James Lu, MD, PhD, has been interested in the intersection of clinical care and genomics since the early days of next-generation sequencing (NGS) and the dawn of personal genomics in the mid-to-late 2000s.

“In the early days of NGS, a lot of the early problems in that space, before Illumina became dominant, were around signal to noise—essentially, how do you identify a variant to make it useful and valid?” Lu told GEN Edge, in his distinguishing shrewd and ebullient quick-firing manner. “I’ve been around the space for a reasonable amount of time, particularly focused on this intersection: how do you drive genomics into clinical care?”

The reason Lu believed that genomics would imbue healthcare has to do with how he categorizes health determinants: environmental (access to clean running water and medicine), behavioral (drinking soda and eating donuts), and inherited genetics and biology. “The first two are easier to ascertain,” said Lu. “I can ask you where you live or about your behavior. Generally, those are easier questions.”

However, genetics and biology have historically been difficult and expensive to capture at scale, often requiring a very narrow question. “If you think about managing population risk—and, frankly, the transition of care from fee-for-service to value-based care over time—you’re going to have a problem if you miss a third of the risk,” said Lu.
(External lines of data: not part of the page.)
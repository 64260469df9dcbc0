//! Names as they stand in a line: those of members, and those of operations.
ghost use Rattle.std.specs.Prelude.{◌≡◌, ◌++◌, ◌∷◌, List, ℕ, IfSome};
ghost use Rattle.trace_types.specs.Names as Names;
ghost use Rattle.trace_reader.specs.Looks.{IsNamed, name_text};
ghost use Rattle.trace_reader.specs.Plain.{IsKey};

use crate::names::{MemberName, NumberName, written_name};
use crate::plain::texts::unescaped;
use trace_types::names::OpName;

// How many bytes the longest name of an operation has: `new_cyclic`.
const LONGEST: usize = 10;

/// The name of a member, of which the opening quote was read, or None where no operation asks for it, and what comes after its colon.
#[inline(always)]
pub fn key(text: &[u8]) -> Option<(Option<MemberName>, &[u8])>
    ensures { IfSome result (λ found. (key : List ℕ)
        × IsNamed key found.0 × IsKey text.now key found.1.now) }
{
    match short_member_name(text) {
        Some((name, rest)) => Some((Some(name), rest)),
        None => other_key(text),
    }
}

// The names that nearly all members of a line have are told byte by byte; the others by their word, since a pattern for each long one
// takes a dozen lines.
#[inline(always)]
fn short_member_name(text: &[u8]) -> Option<(MemberName, &[u8])>
    ensures { IfSome result (λ found. text.now ≡ name_text found.0 ++ 34 ∷ 58 ∷ found.1.now) }
{
    let (name, rest) = match text {
        [b't', b'"', b':', rest @ ..] => (NumberName::Thread, rest),
        [b'h', b'"', b':', rest @ ..] => (NumberName::Handle, rest),
        [b'i', b'"', b':', rest @ ..] => (NumberName::Index, rest),
        [b'c', b'"', b':', rest @ ..] => (NumberName::Cell, rest),
        [b'i', b'd', b'"', b':', rest @ ..] => (NumberName::Id, rest),
        [b't', b'o', b'"', b':', rest @ ..] => (NumberName::To, rest),
        [b'f', b'r', b'o', b'm', b'"', b':', rest @ ..] => (NumberName::From, rest),
        [b'o', b'p', b'"', b':', rest @ ..] => return Some((MemberName::Op, rest)),
        _ => return None,
    };
    Some((MemberName::Number(name), rest))
}

// Apart, since it is rare.
#[inline(never)]
fn other_key(text: &[u8]) -> Option<(Option<MemberName>, &[u8])>
    ensures { IfSome result (λ found. (key : List ℕ)
        × IsNamed key found.0 × IsKey text.now key found.1.now) }
{
    let (word, after) = unescaped(text)?;
    let [b':', rest @ ..] = after else {
        return None;
    };
    Some((written_name(word), rest))
}

/// The name of an operation, of which the opening quote was read, and what comes after the closing one.
#[inline(always)]
pub fn op_name(text: &[u8]) -> Option<(OpName, &[u8])>
    ensures { IfSome result (λ found. text.now ≡ Names.name_text found.0 ++ 34 ∷ found.1.now) }
{
    match text {
        [b'd', b'r', b'o', b'p', b'"', rest @ ..] => Some((OpName::Drop, rest)),
        [b'c', b'l', b'o', b'n', b'e', b'"', rest @ ..] => Some((OpName::Clone, rest)),
        [b'n', b'e', b'w', b'"', rest @ ..] => Some((OpName::New, rest)),
        [b's', b'e', b't', b'"', rest @ ..] => Some((OpName::Set, rest)),
        [b'g', b'e', b't', b'"', rest @ ..] => Some((OpName::Get, rest)),
        _ => other_op_name(text),
    }
}

// Apart, since it goes over the word twice.
#[inline(never)]
fn other_op_name(text: &[u8]) -> Option<(OpName, &[u8])>
    ensures { IfSome result (λ found. text.now ≡ Names.name_text found.0 ++ 34 ∷ found.1.now) }
{
    let (word, rest) = short_text(text)?;
    let name = named(word)?;
    Some((name, rest))
}

// What stands before the closing quote, and what comes after it, of a text no longer than the longest name of an operation.
#[inline(always)]
fn short_text(text: &[u8]) -> Option<(&[u8], &[u8])>
    ensures { IfSome result (λ found. text.now ≡ found.0.now ++ 34 ∷ found.1.now) }
{
    'bytes: for at in 0..text.len().min(LONGEST + 1) {
        if text[at] == b'"' {
            return Some((&text[..at], &text[at + 1..]));
        }
    }
    None
}

// The operation that is written so, of those that `op_name` doesn't tell by itself. Two matches, since one of so many arms gets no proof.
#[inline(always)]
fn named(text: &[u8]) -> Option<OpName>
    ensures { IfSome result (λ name. text.now ≡ Names.name_text name) }
{
    match of_one_word(text) {
        Some(name) => Some(name),
        None => of_several_words(text),
    }
}

#[inline(always)]
#[tactic(auto, using(std::proofs::lemmas::Slice::Eq::text_from_reads))]
fn of_one_word(text: &[u8]) -> Option<OpName>
    ensures { IfSome result (λ name. text.now ≡ Names.name_text name) }
{
    match text {
        b"upgrade" => Some(OpName::Upgrade),
        b"downgrade" => Some(OpName::Downgrade),
        b"take" => Some(OpName::Take),
        b"null" => Some(OpName::Null),
        b"counts" => Some(OpName::Counts),
        _ => None,
    }
}

#[inline(always)]
#[tactic(auto, using(std::proofs::lemmas::Slice::Eq::text_from_reads))]
fn of_several_words(text: &[u8]) -> Option<OpName>
    ensures { IfSome result (λ name. text.now ≡ Names.name_text name) }
{
    match text {
        b"new_cyclic" => Some(OpName::NewCyclic),
        b"new_from" => Some(OpName::NewFrom),
        b"weak_new" => Some(OpName::WeakNew),
        b"try_unwrap" => Some(OpName::TryUnwrap),
        b"into_inner" => Some(OpName::IntoInner),
        b"get_mut" => Some(OpName::GetMut),
        b"make_mut" => Some(OpName::MakeMut),
        b"ptr_eq" => Some(OpName::PtrEq),
        b"cell_new" => Some(OpName::CellNew),
        b"cell_load" => Some(OpName::CellLoad),
        b"cell_swap" => Some(OpName::CellSwap),
        b"cell_cas" => Some(OpName::CellCas),
        b"cell_drop" => Some(OpName::CellDrop),
        b"scope_end" => Some(OpName::ScopeEnd),
        _ => None,
    }
}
Lu spotted that genomics would become a macrotrend in healthcare, permeating healthcare, even primary care, in all the ways radiology has over time. “It’s only been in the last couple of years that suddenly the technology has progressed, both on the sequencing and the computational sides, and that the knowledge base for the genetic pool of data is now accessible for population-level work,” Lu said. “Genomics will become the standard of care, and that’s largely become a question of when not a question of if anymore.”

He began to dream of a world where genetics will provide a real-time response versus one that takes weeks, to drive down the cost of care, as running an assay is often more expensive than a computer query. He set his sights on how to offer top-tier provider and patient experiences by making genomics a part of the healthcare fabric.

So, after one year as a faculty member of electrical and computational engineering and the department of medicine at Duke University, a conscientious Lu left academia and started the population genomics company Helix in 2015 in San Mateo, California.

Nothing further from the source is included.